#### Assignment
Could you please retype all of the data below exactly?

#### Given data
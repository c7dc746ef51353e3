//! A world that may be dropped.
ghost use Rattle.std.specs.Prelude.{◌≡◌, ℕ, IfOk, MatchOption, length, pos, slice_get};
ghost use Rattle.dine_rules.specs.Bound.{bound_of};
ghost use Rattle.dine_rules.specs.Schedules.{finish_within, from_here, replay};
ghost use Rattle.dine_rules.specs.World.{IsComplete, enabled_events, start};
ghost use Rattle.dine_world.specs.Worlds.{ForEachWorld, IsWorldOf, RunsTo, forks_seen};
ghost use Rattle.dine_ffi.specs.Answers.{IsDoneOr, Reports, done, no_such, number_of};
ghost use Rattle.dine_ffi.specs.Events.{kind_numbered, seen_event};
ghost use Rattle.dine_ffi.specs.Contents.{StepsWorldOrRefuses};
ghost use Rattle.dine_ffi.specs.Written.{ArePeriods};

use crate::event::{DineEvent, event_of, kind_of};
use crate::periods::write_periods;
use crate::status::{DONE, NO_SUCH, NOT_NOW, number, phase_number};
use dine_graph::Plan;
use dine_world::{Event, World};
use std::alloc::{AllocError, Global};
use std::marker::Model;

pub struct OwnWorld {
    world: World,
}

impl Model for OwnWorld {
    ghost use Rattle.dine_world.specs.Worlds.{SeenWorld};

    ghost Value = { SeenWorld };

    ghost view = { λ own. own.world };
}

impl Drop for OwnWorld {
    fn drop(self) {
        let OwnWorld { world } = self;
        let _ = world.into_forks();
    }
}

impl OwnWorld {
    pub(crate) fn open(alloc: Global, plan: &Plan) -> Result<OwnWorld, AllocError>
        ensures { IfOk result (IsWorldOf plan.now (start plan.now)) }
    {
        let world = World::open(alloc, plan)?;
        Ok(OwnWorld { world })
    }

    /// Returns the greatest number of events of the plan.
    pub(crate) fn bound(&self) -> i64
        ensures { ForEachWorld self.now (λ plan world. Reports result (bound_of plan)) }
    {
        number(self.world.bound())
    }

    /// Returns the number of enabled events.
    pub(crate) fn count(&self) -> i64
        ensures { ForEachWorld self.now (λ plan world. result ≡ pos (length (enabled_events plan world))) }
    {
        i64::from(self.world.count())
    }

    /// Writes the n-th enabled event, from 0.
    pub(crate) fn enabled(&self, n: u32, out: &mut DineEvent) -> i64
        ensures event { ForEachWorld self.now
            (λ plan world. MatchOption (slice_get (enabled_events plan world) n)
            ((result ≡ no_such) × (out.new ≡ out.old))
            (λ event. (result ≡ done) × (out.new ≡ seen_event event.site event.kind))) }
        ensures unwritten { IsDoneOr result Unit (out.new ≡ out.old) }
    {
        match self.world.enabled(n) {
            Some(event) => {
                *out = event_of(event.site, event.kind);
                DONE
            }
            None => NO_SUCH,
        }
    }

    /// Does the event.
    pub(crate) fn step(&mut self, event: DineEvent) -> i64
        ensures { MatchOption (kind_numbered event.kind event.place)
            ((result ≡ no_such) × (self.new ≡ self.old))
            (λ kind. StepsWorldOrRefuses (record { site = event.site; kind = kind }) result self.old self.new) }
    {
        let Some(kind) = kind_of(event.kind, event.place) else {
            return NO_SUCH;
        };
        let site = event.site;
        match self.world.step(Event { site, kind }) {
            Ok(()) => DONE,
            Err(_) => NOT_NOW,
        }
    }

    /// Does the enabled event that each choice names by its number. Returns the number of events.
    pub(crate) fn replay(&mut self, choices: &[u32]) -> i64
        ensures { (events : ℕ) × Reports result events × ForEachWorld self.old
            (λ plan world. RunsTo plan (replay plan (from_here world) choices.now) events self.new) }
    {
        number(self.world.replay(choices))
    }

    /// Does the first enabled event until none is enabled. Returns the number of events.
    pub(crate) fn finish(&mut self) -> i64
        ensures complete { ForEachWorld self.new (λ plan world. IsComplete plan world) }
        ensures run { (events : ℕ) × Reports result events × ForEachWorld self.old
            (λ plan world. RunsTo plan (finish_within (bound_of plan) plan (from_here world)) events self.new) }
    {
        number(self.world.finish())
    }

    /// Returns 0 if the site thinks, 1 if it is hungry, 2 if it eats.
    pub(crate) fn phase(&self, site: u32) -> i64
        ensures { ForEachWorld self.now
            (λ plan world. MatchOption (slice_get world site) (result ≡ no_such)
            (λ state. result ≡ pos (number_of state.phase))) }
    {
        match self.world.phase(site) {
            Some(phase) => i64::from(phase_number(phase)),
            None => NO_SUCH,
        }
    }

    /// Returns the number of meals that the site began.
    pub(crate) fn ate(&self, site: u32) -> i64
        ensures { ForEachWorld self.now
            (λ plan world. MatchOption (slice_get world site) (result ≡ no_such) (λ state. result ≡ pos state.ate)) }
    {
        match self.world.ate(site) {
            Some(meals) => i64::from(meals),
            None => NO_SUCH,
        }
    }

    /// Writes the periods of the log of the edge's fork, and returns how many there are.
    pub(crate) fn periods(&self, edge: u32, out: &mut [u32]) -> i64
        ensures periods { ForEachWorld self.now
            (λ plan world. MatchOption (slice_get (forks_seen plan world) edge)
            ((result ≡ no_such) × (out.new ≡ out.old))
            (λ fork. ArePeriods fork out.old out.new result)) }
        ensures unwritten { IsDoneOr result Unit (out.new ≡ out.old) }
    {
        match self.world.fork(edge) {
            Some(fork) => write_periods(fork, out),
            None => NO_SUCH,
        }
    }

    /// Returns the value of the edge's fork.
    pub(crate) fn value(&self, edge: u32) -> i64
        ensures { ForEachWorld self.now
            (λ plan world. MatchOption (slice_get (forks_seen plan world) edge) (result ≡ no_such)
            (λ fork. Reports result fork.value)) }
    {
        match self.world.fork(edge) {
            Some(fork) => number(fork.value()),
            None => NO_SUCH,
        }
    }
}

#### Reply to the exercise
repository c7dc746ef51353e3
//! A world that may be dropped.
ghost use Rattle.std.specs.Prelude.{◌≡◌, ℕ, IfOk, MatchOption, length, pos, slice_get};
ghost use Rattle.dine_rules.specs.Bound.{bound_of};
ghost use Rattle.dine_rules.specs.Schedules.{finish_within, from_here, replay};
ghost use Rattle.dine_rules.specs.World.{IsComplete, enabled_events, start};
ghost use Rattle.dine_world.specs.Worlds.{ForEachWorld, IsWorldOf, RunsTo, forks_seen};
ghost use Rattle.dine_ffi.specs.Answers.{IsDoneOr, Reports, done, no_such, number_of};
ghost use Rattle.dine_ffi.specs.Events.{kind_numbered, seen_event};
ghost use Rattle.dine_ffi.specs.Contents.{StepsWorldOrRefuses};
ghost use Rattle.dine_ffi.specs.Written.{ArePeriods};

use crate::event::{DineEvent, event_of, kind_of};
use crate::periods::write_periods;
use crate::status::{DONE, NO_SUCH, NOT_NOW, number, phase_number};
use dine_graph::Plan;
use dine_world::{Event, World};
use std::alloc::{AllocError, Global};
use std::marker::Model;

pub struct OwnWorld {
    world: World,
}

impl Model for OwnWorld {
    ghost use Rattle.dine_world.specs.Worlds.{SeenWorld};

    ghost Value = { SeenWorld };

    ghost view = { λ own. own.world };
}

impl Drop for OwnWorld {
    fn drop(self) {
        let OwnWorld { world } = self;
        let _ = world.into_forks();
    }
}

impl OwnWorld {
    pub(crate) fn open(alloc: Global, plan: &Plan) -> Result<OwnWorld, AllocError>
        ensures { IfOk result (IsWorldOf plan.now (start plan.now)) }
    {
        let world = World::open(alloc, plan)?;
        Ok(OwnWorld { world })
    }

    /// Returns the greatest number of events of the plan.
    pub(crate) fn bound(&self) -> i64
        ensures { ForEachWorld self.now (λ plan world. Reports result (bound_of plan)) }
    {
        number(self.world.bound())
    }

    /// Returns the number of enabled events.
    pub(crate) fn count(&self) -> i64
        ensures { ForEachWorld self.now (λ plan world. result ≡ pos (length (enabled_events plan world))) }
    {
        i64::from(self.world.count())
    }

    /// Writes the n-th enabled event, from 0.
    pub(crate) fn enabled(&self, n: u32, out: &mut DineEvent) -> i64
        ensures event { ForEachWorld self.now
            (λ plan world. MatchOption (slice_get (enabled_events plan world) n)
            ((result ≡ no_such) × (out.new ≡ out.old))
            (λ event. (result ≡ done) × (out.new ≡ seen_event event.site event.kind))) }
        ensures unwritten { IsDoneOr result Unit (out.new ≡ out.old) }
    {
        match self.world.enabled(n) {
            Some(event) => {
                *out = event_of(event.site, event.kind);
                DONE
            }
            None => NO_SUCH,
        }
    }

    /// Does the event.
    pub(crate) fn step(&mut self, event: DineEvent) -> i64
        ensures { MatchOption (kind_numbered event.kind event.place)
            ((result ≡ no_such) × (self.new ≡ self.old))
            (λ kind. StepsWorldOrRefuses (record { site = event.site; kind = kind }) result self.old self.new) }
    {
        let Some(kind) = kind_of(event.kind, event.place) else {
            return NO_SUCH;
        };
        let site = event.site;
        match self.world.step(Event { site, kind }) {
            Ok(()) => DONE,
            Err(_) => NOT_NOW,
        }
    }

    /// Does the enabled event that each choice names by its number. Returns the number of events.
    pub(crate) fn replay(&mut self, choices: &[u32]) -> i64
        ensures { (events : ℕ) × Reports result events × ForEachWorld self.old
            (λ plan world. RunsTo plan (replay plan (from_here world) choices.now) events self.new) }
    {
        number(self.world.replay(choices))
    }

    /// Does the first enabled event until none is enabled. Returns the number of events.
    pub(crate) fn finish(&mut self) -> i64
        ensures complete { ForEachWorld self.new (λ plan world. IsComplete plan world) }
        ensures run { (events : ℕ) × Reports result events × ForEachWorld self.old
            (λ plan world. RunsTo plan (finish_within (bound_of plan) plan (from_here world)) events self.new) }
    {
        number(self.world.finish())
    }

    /// Returns 0 if the site thinks, 1 if it is hungry, 2 if it eats.
    pub(crate) fn phase(&self, site: u32) -> i64
        ensures { ForEachWorld self.now
            (λ plan world. MatchOption (slice_get world site) (result ≡ no_such)
            (λ state. result ≡ pos (number_of state.phase))) }
    {
        match self.world.phase(site) {
            Some(phase) => i64::from(phase_number(phase)),
            None => NO_SUCH,
        }
    }

    /// Returns the number of meals that the site began.
    pub(crate) fn ate(&self, site: u32) -> i64
        ensures { ForEachWorld self.now
            (λ plan world. MatchOption (slice_get world site) (result ≡ no_such) (λ state. result ≡ pos state.ate)) }
    {
        match self.world.ate(site) {
            Some(meals) => i64::from(meals),
            None => NO_SUCH,
        }
    }

    /// Writes the periods of the log of the edge's fork, and returns how many there are.
    pub(crate) fn periods(&self, edge: u32, out: &mut [u32]) -> i64
        ensures periods { ForEachWorld self.now
            (λ plan world. MatchOption (slice_get (forks_seen plan world) edge)
            ((result ≡ no_such) × (out.new ≡ out.old))
            (λ fork. ArePeriods fork out.old out.new result)) }
        ensures unwritten { IsDoneOr result Unit (out.new ≡ out.old) }
    {
        match self.world.fork(edge) {
            Some(fork) => write_periods(fork, out),
            None => NO_SUCH,
        }
    }

    /// Returns the value of the edge's fork.
    pub(crate) fn value(&self, edge: u32) -> i64
        ensures { ForEachWorld self.now
            (λ plan world. MatchOption (slice_get (forks_seen plan world) edge) (result ≡ no_such)
            (λ fork. Reports result fork.value)) }
    {
        match self.world.fork(edge) {
            Some(fork) => number(fork.value()),
            None => NO_SUCH,
        }
    }
}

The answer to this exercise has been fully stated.